Flowtron: an Autoregressive Flow-based Generative Network for Text-to-Speech Synthesis
Rafael Valle, Kevin Shih, Ryan Prenger, and Bryan Catanzaro
In our recent paper, we propose Flowtron: an autoregressive flow-based generative network for text-to-speech synthesis with control over speech variation and style transfer. Flowtron combines insights from IAF and optimizes Tacotron 2 in order to provide high-quality and controllable mel-spectrogram synthesis.
FlowTron is trained by maximizing the likelihood of the training data, which makes the training procedure simple and stable. Flowtron learns an invertible mapping of data to a latent space that can be manipulated to influence many aspects of mel-spectrogram synthesis.
Below we provide samples produced with Flowtron for mel-spectrogram synthesis and WaveGlow for waveform synthesis. Code for training and inference, along with pretrained models on LJS and LibriTTS, will be available on our Github repository.
With Flowtron we can control the amount of prosodic variation in speech by adjusting σ². Despite all the variability added by increasing σ², all the samples synthesized with Flowtron still produce high quality speech. The three columns contain three separate samples, so that you can compare variation for each value of σ², and also compare with Tacotron 2 variation. With Flowtron, we can create samples with highly varying prosody, which can make the voice much less monotonous.

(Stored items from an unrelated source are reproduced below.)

//! Sums of a few numbers.
ghost use Rattle.std.specs.Prelude.{◌≡◌, ◌<◌, ◌^◌, sum};

/// The sum of numbers, which fits: of up to four, as a node has out-links and most cases have destinations, without a loop.
#[inline]
pub fn sum_of(numbers: &[u64]) -> u64
    requires fits { sum numbers.now < 2 ^ 64 }
    ensures { result ≡ sum numbers.now }
{
    match numbers {
        [one, two] => *one + *two,
        [] => 0,
        [one] => *one,
        [one, two, three] => *one + *two + *three,
        [one, two, three, four] => *one + *two + *three + *four,
        _ => sum_many(numbers),
    }
}

/// The same for any count of numbers. Kept out of line.
#[inline(never)]
fn sum_many(numbers: &[u64]) -> u64
    requires fits { sum numbers.now < 2 ^ 64 }
    ensures { result ≡ sum numbers.now }
{
    numbers.iter().sum()
}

We compare Sally samples from Flowtron and Tacotron 2 GST generated by conditioning on the posterior computed over 30 Helen samples with the highest variance in fundamental frequency. The goal is to make a speech from a monotone speaker more expressive by sampling a region of Flowtron's z-space that is associated with a different speaker that has more expressivity.
We illustrate Flowtron's ability to learn and transfer acoustic characteristics that are hard to express algorithmically but easy to perceive acoustically. We transfer the style with distinguished nasal voice and oscillation in fundamental frequency to our Flowtron baseline speaker.

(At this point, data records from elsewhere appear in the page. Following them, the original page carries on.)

//! The pieces of lines: words, numbers and amounts, each appended whole or not at all.
ghost use Rattle.std.specs.Prelude.{◌≡◌, ◌++◌, ◌+◌, ◌∷◌, [], ◌/◌, ◌%◌, ◌≤◌, length, OnOk, OnErr, vec_len, vec_capacity};
ghost use Rattle.ltm_units.specs.Texts.{vehicles_text, number_piece, amount_piece};

use crate::{NoMemory, Units};
use itoa::Buffer;

/// Appends a text where room for it is there.
pub fn append(into: &mut Vec<u8>, text: &[u8])
    requires room { vec_len into.old + length text.now ≤ vec_capacity into.old }
    ensures items { into.new.items ≡ into.old.items ++ text.now }
    ensures len { vec_len into.new ≡ vec_len into.old + length text.now }
    ensures capacity { vec_capacity into.old ≤ vec_capacity into.new }
{
    match into.extend_from_slice(text) {
        Ok(()) => {}
        Err(_) => unreachable!(),
    }
}

/// Appends words and a number where room for them is there; a number takes at most 40 bytes.
#[tactic(auto, unfolding(crate::specs::Texts::number_piece))]
pub fn append_number(into: &mut Vec<u8>, words: &[u8], number: u128)
    requires room { vec_len into.old + length words.now + 40 ≤ vec_capacity into.old }
    ensures items { into.new.items ≡ into.old.items ++ number_piece words.now number }
    ensures len { vec_len into.new ≤ vec_len into.old + length words.now + 40 }
    ensures capacity { vec_capacity into.old ≤ vec_capacity into.new }
{
    let mut digits = Buffer::new();
    append(into, words);
    append(into, digits.format(number).as_bytes());
}

/// The point of an amount and the three digits behind it.
fn decimals(amount: u64) -> [u8; 4]
    ensures { result ≡ 46 ∷ (48 + amount % 1000 / 100) ∷ (48 + amount % 100 / 10) ∷ (48
        + amount % 10) ∷ [] }
{
    [
        b'.',
        48 + (amount % 1000 / 100) as u8,
        48 + (amount % 100 / 10) as u8,
        48 + (amount % 10) as u8,
    ]
}

/// Appends words and an amount where room for them is there; an amount takes at most 44 bytes.
#[tactic(auto, unfolding(crate::specs::Texts::amount_piece, crate::specs::Texts::number_piece, crate::specs::Texts::vehicles_text))]
fn append_vehicles(into: &mut Vec<u8>, words: &[u8], amount: Units)
    requires room { vec_len into.old + length words.now + 44 ≤ vec_capacity into.old }
    ensures { into.new.items ≡ into.old.items ++ amount_piece words.now amount.0 }
{
    append_number(into, words, u128::from(amount.0 / 1000));
    append(into, &decimals(amount.0));
}

/// Appends the whole text, or nothing.
pub fn push_text(into: &mut Vec<u8>, text: &[u8]) -> Result<(), NoMemory>
    ensures ok { OnOk result (into.new.items ≡ into.old.items ++ text.now) }
    ensures err { OnErr result (into.new.items ≡ into.old.items) }
{
    into.extend_from_slice(text)?;
    Ok(())
}

/// Appends words and a number, or nothing.
pub fn push_number(into: &mut Vec<u8>, words: &[u8], number: u128) -> Result<(), NoMemory>
    ensures ok { OnOk result (into.new.items ≡ into.old.items ++ number_piece words.now number) }
    ensures err { OnErr result (into.new.items ≡ into.old.items) }
{
    into.reserve(words.len() + 40)?;
    append_number(into, words, number);
    Ok(())
}

/// Appends words and an amount as whole vehicles, a point and three digits, or nothing.
pub fn push_vehicles(into: &mut Vec<u8>, words: &[u8], amount: Units) -> Result<(), NoMemory>
    ensures ok { OnOk result (into.new.items ≡ into.old.items ++ amount_piece words.now amount.0) }
    ensures err { OnErr result (into.new.items ≡ into.old.items) }
{
    into.reserve(words.len() + 44)?;
    append_vehicles(into, words, amount);
    Ok(())
}

/// Appends an amount as whole vehicles, a point and three digits, or nothing.
#[tactic(auto, unfolding(crate::specs::Texts::amount_piece))]
pub fn write_vehicles(amount: Units, into: &mut Vec<u8>) -> Result<(), NoMemory>
    ensures ok { OnOk result (into.new.items ≡ into.old.items ++ vehicles_text amount.0) }
    ensures err { OnErr result (into.new.items ≡ into.old.items) }
{
    push_vehicles(into, b"", amount)
}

We modify a speaker's style by using data from the same speaker but from a style not seen during training. Flowtron succeeds in transferring the somber style and the long pauses associated with the narrative style.
We transfer the style from speaker ID 03 from RAVDESS and the label "surprised" to Sally. Flowtron is able to make Sally sound surprised, which is drastically different from the monotonous baseline.
Flowtron Style Transfer
We transfer Richard Feynman's prosody and acoustic characteristics to Sally. Flowtron is able to pick up some of the prosody and articulation details particular to Feynman's speaking style and transfer them to Sally.